たとえば、シーメンスやJPMorganのように、AIによって作られた生成物そのものが製品・サービスの一部になれば、その価値は事業の成長ドライバーになります。「AIによって何が作られるか」ではなく、「AIによって顧客に何が届くか」という視点が問われます。
組織とプロダクトを一体で設計する
生成AI活用は、一部のエンジニアやPoCチームだけで完結するものではありません。成功する企業では、以下のような動きが見られます。
- 部署横断のAI利活用チームの立ち上げ
- プロダクトマネージャーやビジネスオーナーがAI開発に並走
- 情報システム部門と現場部門が対等に仕様・プロンプト設計に関わる
生成AIは組織の“再設計”を伴うものであり、役割や評価指標の見直し、育成・採用の再設計なども求められる領域です。
AI時代の競争軸は「再販性と横展開のデザイン」
業務支援として生成AIを導入するだけでなく、それを応用し他部署・他社にも展開できる構造に設計されているかが、中長期的な競争力に直結します。
- 汎用プロンプト+業務特化チューニングによる多用途展開
- 社外パートナーに対してAPIとして提供できるインターフェース設計
- 使用履歴やログデータをフィードバックし、継続的に価値を高める学習構造
単発の成果で終わらず、再販性・横展開性・プラットフォーム化が視野に入った設計こそ、生成AI時代に求められる「スケーラブルな事業」の条件です。
【まとめ】生成AIで「事業をつくる」時代へ
生成AIは、もはや業務効率化やアイデア出しの補助ツールではなく、事業の中心に据えることができる技術へと進化しています。2024〜2025年にかけては、三菱UFJ銀行、トヨタ、塩野義製薬、シーメンスなど、国内外のエンタープライズ企業が次々と収益モデルの中核に生成AIを組み込んだ取り組みを開始しました。

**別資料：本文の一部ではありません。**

use super::shown;
use fixed_num::{ByteList, Text};
use health_config::Config;
use std::alloc::{AllocError, Global};
use std::test::Fail;

/// A text, and what it says.
const TEXTS: [(&[u8], &str); 34] = [
    // Rows.
    (b"warn: 1", "1"),
    (b"alarm:", "refused 1 42"),
    (b"alarm: x", "refused 1 43"),
    (b"alarm: x\non: a.b\nwarn: 1 +", "refused 3 41"),
    (b"alarm: x\non: a.b\ndelay: up 1m up 2m\n", "refused 3 41"),
    // Lines.
    (b"", "0"),
    (b"\n \t\r\n  # said\n", "0"),
    (b"units: a\nclass: b\n: c\n", "3"),
    (b"units: a\nclass\n", "refused 2 41"),
    (
        b"calc: 1 +\nalarm: a\non: x\nevery: 1\n",
        "a on x every 1; 1",
    ),
    (
        b"alarm: a\non: \\\nx\\\n y\nevery: 1\n\nwarn: (\n",
        "refused 7 41",
    ),
    (
        b"alarm: a\non: \\\nx\\\n y\nevery: 1",
        "a on x  y every 1; 0",
    ),
    (b"alarm: a\non: x\\", "0"),
    (
        b"alarm: a\non: x\nevery: 1\nunits: b\\\\\nc\n",
        "a on x every 1 units b\\ c; 0",
    ),
    (b"# a \\\nalarm:\n", "0"),
    (b"alarm: a\n# \xff\non: x\n", "refused 2 41"),
    (b"class: \\\n\xff\n", "refused 1 41"),
    (b"alarm: a\r\non: x\r\nevery: 1\r\n", "a on x every 1; 0"),
    // Names.
    (b"alarm: a b\n", "refused 1 41"),
    (b"template:\x0b\x0c\n", "refused 1 42"),
    (
        b"template: t\non: x\nevery: 1",
        "t template on x every 1; 0",
    ),
    (b"alarms: t\non: x\nevery: 1", "3"),
    // Repeated keys.
    (
        b"alarm: a\non: x\non: y\nevery: 1\nevery: 2\n",
        "a on y every 2; 0",
    ),
    (
        b"alarm: a\non: x\nevery: 1\ndelay: up 5\ndelay: down 6\n",
        "a on x every 1 up 0 down 6 by 10000000; 0",
    ),
    (
        b"alarm: a\non: x\nevery: 1\noptions: no-clear-notification\noptions:",
        "a on x every 1; 0",
    ),
    (b"alarm: a\non: x\nevery: 0\nevery: 1\n", "refused 3 44"),
    // How often.
    (
        b"alarm: a\non: x\nlookup: max 9 every 7\n",
        "a on x every 7 max 9 0; 0",
    ),
    (
        b"alarm: a\non: x\nlookup: max 9\n",
        "a on x every 9 max 9 0; 0",
    ),
    (
        b"alarm: a\non: x\nlookup: max 9 every 7\nevery: 8",
        "a on x every 8 max 9 0; 0",
    ),
    (
        b"alarm: a\non: x\nwarn: 1\nclass: c\nalarm: b\non: y\nevery: 1\n",
        "b on y every 1; 1",
    ),
    // Where an entity ends.
    (b"alarm: a\nevery: 1\n\nalarm:\n", "refused 1 43"),
    (b"\nalarm: a\nevery: 1\ntemplate: \xff\n", "refused 2 43"),
    (b"alarm: a\nevery: 0\nalarm: b\n", "refused 2 44"),
    (
        b"alarm: a\non: x\nevery: 3\ntemplate: b\non: y\nevery: 4\n",
        "a on x every 3; b template on y every 4; 0",
    ),
];

#[test]
fn a_text_gives_its_alarms_or_its_first_refusal(rt: HostRuntime) -> Result<(), Fail> {
    for (text, want) in TEXTS {
        let got = shown(rt.alloc(), text)?;
        assert_eq!(rt; got.as_str(), want, "{text:?}");
    }
    Ok(())
}

/// An alarm on the space of disks, as it stands in the configurations of operators.
const DISK_SPACE: &[u8] = b"template: disk_space_usage
on: disk.space
class: Utilization
type: System
component: Disk
calc: $used * 100 / ($avail + $used)
units: %
every: 1m
warn: $this > (($status >= $WARNING ) ? (80) : (90))
crit: ($this > (($status == $CRITICAL) ? (90) : (98))) && $avail < 5
delay: up 1m down 15m multiplier 1.5 max 1h
to: sysadmin
";

#[test]
fn the_space_of_disks_is_accepted(rt: HostRuntime) -> Result<(), Fail> {
    let got = shown(rt.alloc(), DISK_SPACE)?;
    assert_eq!(rt;
        got.as_str(),
        "disk_space_usage template on disk.space every 60 calc warn crit units % to sysadmin up 60 down 900 by 15000000 max 3600; 3"
    );
    Ok(())
}

/// A text of 4,096 alarms that have nothing to do, with this behind it so many times.
fn long_text(alloc: Global, back: &[u8], count: u32) -> Result<ByteList, AllocError> {
    let mut text = ByteList::new(alloc);
    for _ in 0..4096 {
        text.extend(b"alarm: a\non: x\n".as_slice())?;
    }
    for _ in 0..count {
        text.extend(back)?;
    }
    Ok(text)
}

/// What a configuration of such a text is.
fn shown_long(alloc: Global, back: &[u8], count: u32) -> Result<Text, Fail> {
    let text = long_text(alloc, back, count)?;
    shown(alloc, text.as_slice())
}

#[test]
fn at_most_4096_entities_and_1048576_bytes_are_read(rt: HostRuntime) -> Result<(), Fail> {
    let text = long_text(rt.alloc(), b"", 0)?;
    assert!(rt;
        Config::read(rt.alloc(), text.as_slice())?
            .alarms()
            .is_empty()
    );
    let more = shown_long(rt.alloc(), b"alarm: a\n", 1)?;
    assert_eq!(rt; more.as_str(), "refused 8193 45");
    let long = shown_long(rt.alloc(), [b' '; 4096].as_slice(), 256)?;
    assert_eq!(rt; long.as_str(), "refused 0 46");
    Ok(())
}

これらの事例に共通するのは、以下のような姿勢と実装方針です。
- 小さなPoCから始めて、現場と対話しながら素早く形にする
- プロンプトや出力設計を通じて、AIに「何をさせるか」を明確にする
- 社内効率化にとどまらず、社外への価値提供や新収益化を見据える
- 技術と組織、業務の設計を一体で行う
生成AIは、誰にでも使えるようになったからこそ、使い方によって差がつくフェーズに入っています。単なる導入や技術選定ではなく、「どう使えば新たな価値に転換できるか」を構想・実装できる企業こそが、次の時代の競争優位を築くでしょう。
生成AIで「業務を変える」から「事業をつくる」へ。いま、企業が問われているのは、変化を試す勇気と、それを形にする実装力です。